GoTo Is Going for an “Ultimate B2C Marketplace” in Indonesia. But Alibaba Couldn’t Do It in China. (1 of 2)(Tech Strategy – Daily Article)

The recently merged Gojek and Tokopedia (i.e., GoTo) has gone public in Indonesia. And I finally got a look at their filings (thanks to a subscriber who sent me a translated copy).

GoTo is basically what you would expect. It’s a marketplace platform for local services (i.e., Gojek) combined with a marketplace for products (i.e., Tokopedia). It’s growing solidly. And it’s losing money, which is not uncommon for either of those platforms in the earlier stages.

But GoTo raises a couple of really interesting strategy questions.

  • Do the geography and development status of Indonesia change the dynamics of these two marketplace platforms?
  • Will this uncommon type of complementary platform business model have the same competitive strengths as complementary platforms like Tencent and Alibaba?
  • Can GoTo successfully build an “ultimate B2C marketplace” for Indonesia? I’ll explain this term below.

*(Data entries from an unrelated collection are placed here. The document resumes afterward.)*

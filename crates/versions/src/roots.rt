//! The roots of the versions of a store, by their numbers.
ghost use Rattle.std.specs.Prelude.{◌≡◌, ◌↔◌, ◌<◌, ◌≤◌, ◌^◌, ℕ, Some, IsSome, OnOk, IsTrue, map};
ghost use Rattle.std.specs.Iterator.{YieldsFirst, item_count};
ghost use Rattle.node_heap.specs.Heap.{hold_count, quarter_holds};
ghost use Rattle.slab.specs.Slab.{get, entries, slab_len, HasRoomFor};
ghost use Rattle.versions.specs.Roots.{HoldsRoots, HasRoom, KeepsRoots, AddsRoot, PutsRoot, ForgetsRoot};

use elem_core::NoMemory;
use node_heap::{Heap, Link};
use slab::{Iter, Slab};
use std::marker::Model;

/// Names a version in the store that made it, and means nothing in another store. The number of a version that was forgotten
/// may be given again.
#[derive(Clone, Copy, Debug, PartialEq, Eq)]
pub struct Version {
    number: usize,
}

impl Model for Version {
    ghost use Rattle.std.specs.Prelude.{ℕ};

    ghost Value = { ℕ };

    ghost view = { λ v. v.number };

    ghost inverse = { λ n. record { number = n } };
}

impl Version {
    /// The version with this number, as a program keeps one elsewhere. Whether a store holds it is for the store to say.
    pub fn from_number(number: usize) -> Version
        ensures { result ≡ number }
    {
        Version { number }
    }

    /// The number of the version.
    pub fn number(self) -> usize
        ensures { result ≡ self }
    {
        self.number
    }
}

/// Goes over the versions of a store, by rising number. It takes no memory.
#[derive(Drop)]
pub struct Handles<'s> {
    slots: Iter<'s, Link>,
}

impl<'s> Model for Handles<'s> {
    ghost use Rattle.std.specs.Prelude.{ℕ, List, map};

    ghost Value = { List ℕ };

    ghost view = { λ h. map (λ e. e.0) h.slots };
}

impl<'s> Iterator for Handles<'s> {
    type Item = Version;

    ghost next_gives = { YieldsFirst (λ rest. rest) };

    ghost remaining = { item_count (λ rest. rest) };

    fn next(&mut self) -> Option<Version> {
        let (number, _) = self.slots.next()?;
        Some(Version { number })
    }
}

/// The most versions of a store. More roots take more bytes than any machine has.
pub const MOST_VERSIONS: usize = 1 << 50;

// The root of a version that is held.
pub(crate) fn root_of(roots: &Slab<Link>, version: Version) -> Link
    requires { IsSome (get roots.now version) }
    ensures { get roots.now version ≡ Some result }
{
    match roots.get(version.number) {
        Some(root) => *root,
        None => unreachable!(),
    }
}

// Makes room for one root, and for so many cells and nodes.
pub(crate) fn reserve<T>(
    heap: &mut Heap<T>,
    roots: &mut Slab<Link>,
    cells: usize,
    nodes: usize,
) -> Result<(), NoMemory>
    requires { HoldsRoots heap.old roots.old.slots }
    ensures room { OnOk result (HasRoom heap.new roots.new cells nodes) }
    ensures keeps { KeepsRoots heap.old heap.new roots.old.slots roots.new.slots }
    ensures few { OnOk result (hold_count heap.new < quarter_holds) }
{
    if roots.len() >= MOST_VERSIONS {
        return Err(NoMemory);
    }
    roots.reserve(1)?;
    heap.reserve(cells, nodes)
}

// Gives a root that was made the next number.
pub(crate) fn keep(roots: &mut Slab<Link>, root: Link) -> Version
    requires room { HasRoomFor roots.old 1 }
    requires few { slab_len roots.old < 2 ^ 50 }
    ensures { AddsRoot roots.old.slots roots.new.slots result root }
{
    let number = roots.insert_reserved(root);
    Version { number }
}

// Puts another root in place of the version's.
pub(crate) fn put(roots: &mut Slab<Link>, version: Version, root: Link)
    requires held { IsSome (get roots.old version) }
    requires few { slab_len roots.old ≤ 2 ^ 50 }
    ensures { PutsRoot roots.old.slots roots.new.slots version root }
{
    roots.remove(version.number);
    // The number that was given back last is the next.
    roots.insert_reserved(root);
}

// Takes a version's root out and gives up its hold.
pub(crate) fn forget<T: Drop>(heap: &mut Heap<T>, roots: &mut Slab<Link>, version: Version)
    requires holds { HoldsRoots heap.old roots.old.slots }
    requires held { IsSome (get roots.old version) }
    ensures { ForgetsRoot heap.old heap.new roots.old.slots roots.new.slots version }
{
    let root = roots.remove(version.number);
    heap.release(root);
}

// Whether the version has a root.
pub(crate) fn is_kept(roots: &Slab<Link>, version: Version) -> bool
    ensures { IsTrue result ↔ IsSome (get roots.now version) }
{
    roots.contains(version.number)
}

// The versions that have a root.
pub(crate) fn versions_of(roots: &Slab<Link>) -> Handles<'_>
    ensures { result ≡ map (λ (e : ℕ × ℕ). e.0) (entries roots.now) }
{
    Handles {
        slots: roots.iter(),
    }
}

Years ago, Alibaba combined Taobao / Tmall and Ele.me in an similar attempt to create an ultimate B2C marketplace. Their objective was to dominate the consumer wallets of China. But Alibaba doesn’t really talk about this combination anymore. Ele.me is now somewhat of an orphan within Alibaba, having been moved into and then out of Alipay / Ant in the last two years. Alibaba now mostly talks about its ecommerce platforms and its infrastructure (cloud, logistics, new retail).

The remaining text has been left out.